Xue Sherry Gao and her team isolate natural catalysts for better drug synthesis – sciencedaily

The Rice lab of chemical and biomolecular engineer Xue Sherry Gao and colleagues isolated a biocatalyst known as CtdE after identifying it as the natural mechanism that controls the chirality – left handedness or right – handedness – of compounds produced by the native fungal host.

The open access study appears in Nature Communication.

Two chiral things are, like the hands, similar in structure but cannot overlap perfectly. Because property is important in the design of drugs that bind well to their targets, the ability to achieve 100% correct chirality is highly desired, Gao said.

“This is important because if a pharmaceutical drug has the wrong stereochemistry (three-dimensional chirality), it could become poison for humans, even though the planar chemical structure is the same,” she said.

Like the “left” or “right” orientation in chiral objects, what is called a 3S or 3R orientation is determined by the stereocenter of a molecule, a connection to an atom between parts of a molecule, has Gao said.

But while nature handles the process with ease, the selective synthesis of stereocenters has been a challenge for chemists. The entire mechanism behind nature’s ability to control whether a molecule has a 3S or 3R orientation has been hidden so far.

Understanding how it works in fungi and analyzing its structure could give scientists, especially those who design drugs, a new tool for chemical synthesis.

The aim of the study, a natural bioactive product known as 21R-citrinadine A, discovered in 2004 in a marine fungal strain of Penicillium citrinum, is toxic to leukemia in mice and lung cancer cells. human.

“21R-citrinadine A is a very complicated molecule, with eight stereocenters,” Gao said. “In a way, the article highlights how nature uses enzymes to synthesize a complex molecule with such precision. Eight different stereocenters are a lot to control.”

She said the molecule incorporates a “very intriguing” 3S spirooxindole ring. “Nature produces several other chemicals with a pharmacophore similar to spirooxindole,” Gao said. “However, we have become very curious that some of them contain a 3R spirooxindole cycle, as opposed to the 3S in citrinadines.

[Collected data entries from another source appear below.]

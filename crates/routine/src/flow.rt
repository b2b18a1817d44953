// The next steps as a graph, and the steps that a path may be asked not to pass.
ghost use Rattle.std.specs.Prelude.{◌≡◌, ◌≤◌, true, false, MatchBool, IfSome};
ghost use Rattle.steps.specs.Tables.{sets as set_by};
ghost use Rattle.routine.specs.Flow.{step_at, Either};
ghost use Rattle.routine.specs.Graph.{two_slots, slot as slot_of, below, leads as leads_in, is_set};
ghost use Rattle.routine.specs.Claims.{checks_it};
ghost use Rattle.routine.specs.Text.{text_of};

use crate::text::Text;
use search::{Graph, Stops};
use steps::step::Step;
use store::scalars::Scalar;

#[derive(Clone, Copy)]
pub(crate) struct Flow<'a> {
    pub(crate) text: &'a Text,
}

// A next step as a node, if it is a step of the routine.
fn node_below(next: Option<u32>, count: u32) -> Option<u8>
    requires { count ≤ 256 }
    ensures { result ≡ below count next }
{
    next.filter(|step| *step < count).map(|step| step as u8)
}

fn in_slot(nexts: (Option<u32>, Option<u32>), slot: u32) -> Option<u32>
    ensures { result ≡ slot_of nexts slot }
{
    if slot == 0 { nexts.0 } else { nexts.1 }
}

impl Graph for Flow<'_> {
    ghost slots = { λ _. two_slots };

    ghost leads = { λ s. leads_in (text_of s.text.now) };

    fn slot_count(&self, _node: u8) -> u32 {
        2
    }

    fn slot(&self, node: u8, slot: u32) -> Option<u8> {
        let nexts = self.text.step(node as u32).nexts(node as u16);
        node_below(in_slot(nexts, slot), self.text.len())
    }
}

pub(crate) fn sets_value(step: Step, value: u32) -> bool
    ensures { result ≡ is_set value (set_by step) }
{
    step.sets().is_some_and(|(own, _)| own as u32 == value)
}

// Whether one of two passes a test.
pub(crate) fn either<T: Drop, F: Fn(T) -> bool>(pair: (Option<T>, Option<T>), test: F) -> bool
    requires { F.IsAlwaysCallable test }
    ensures { MatchBool result (Either (λ x. F.post test x true) pair) (IfSome pair.0 (λ x. F.post test x false) × IfSome pair.1 (λ x. F.post test x false)) }
{
    pair.0.is_some_and(&test) || pair.1.is_some_and(&test)
}

// Whether the step checks the value, in A or in B.
pub(crate) fn checks_value(step: Step, value: u32) -> bool
    ensures { result ≡ checks_it value step }
{
    either(step.checks(), |own| own == value)
}

// The steps that set a value.
// Not one struct with `Checkers` over a test: `stop` is a function, and of a closure only a relation is known; a trait for the test needs the same two impls.
#[derive(Clone, Copy)]
pub(crate) struct Setters<'a> {
    pub(crate) text: &'a Text,
    pub(crate) value: u32,
}

impl Stops for Setters<'_> {
    ghost stop = { λ s i. is_set s.value (set_by (step_at (text_of s.text.now) i)) };

    fn is_stop(&self, node: u8) -> bool {
        sets_value(self.text.step(node as u32), self.value)
    }
}

// The steps that check a value.
#[derive(Clone, Copy)]
pub(crate) struct Checkers<'a> {
    pub(crate) text: &'a Text,
    pub(crate) value: u32,
}

impl Stops for Checkers<'_> {
    ghost stop = { λ s i. checks_it s.value (step_at (text_of s.text.now) i) };

    fn is_stop(&self, node: u8) -> bool {
        checks_value(self.text.step(node as u32), self.value)
    }
}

“All of the genes responsible for expressing this small molecule are clustered together in these fungi, so we first found the gene cluster and looked at each gene individually to see which might be most important in catalyzing specific chemical transformations.” , she said.

“Once we find it, we can extract this gene from the fungus, put it back into a friendly host, E. coli, and then use protein purification technology to isolate and test its function in a test tube,” Gao said. . “By doing everything apart from the fungus, we can be sure that there is only one enzyme that performs this function.”

Modified E. coli express the bulk CtdE protein. When subsequently used in chemical transformations, CtdE catalyzed the desired 3S stereoselectivity at all levels. “A spirooxindole is already difficult to synthesize,” she said. “Our goal was to understand the mechanism by which the enzyme controls this specific 3S stereochemistry.”

Bioinformatics analysis, X-ray crystallography and experiments have confirmed that CtdE is the only one responsible for the catalysis of 3S stereoselectivity, Gao said. (Another enzyme, PhqK, was already known to catalyze the 3R orientation.) “Having a set of two enzymes that give precise control over stereochemistry will eventually improve synthesis in pharmaceutical production,” she said.

Gao noted that because CtdE works at room temperature, it will also help keep chemistry “green”. “I hope that these biocatalysts will catalyze chemical reactions in a more environmentally friendly way,” she said.

Postdoctoral fellows Zhiwen Liu and Fanglong Zhao de Rice and graduate student Boyang Zhao of Baylor College of Medicine are co-lead authors of the article.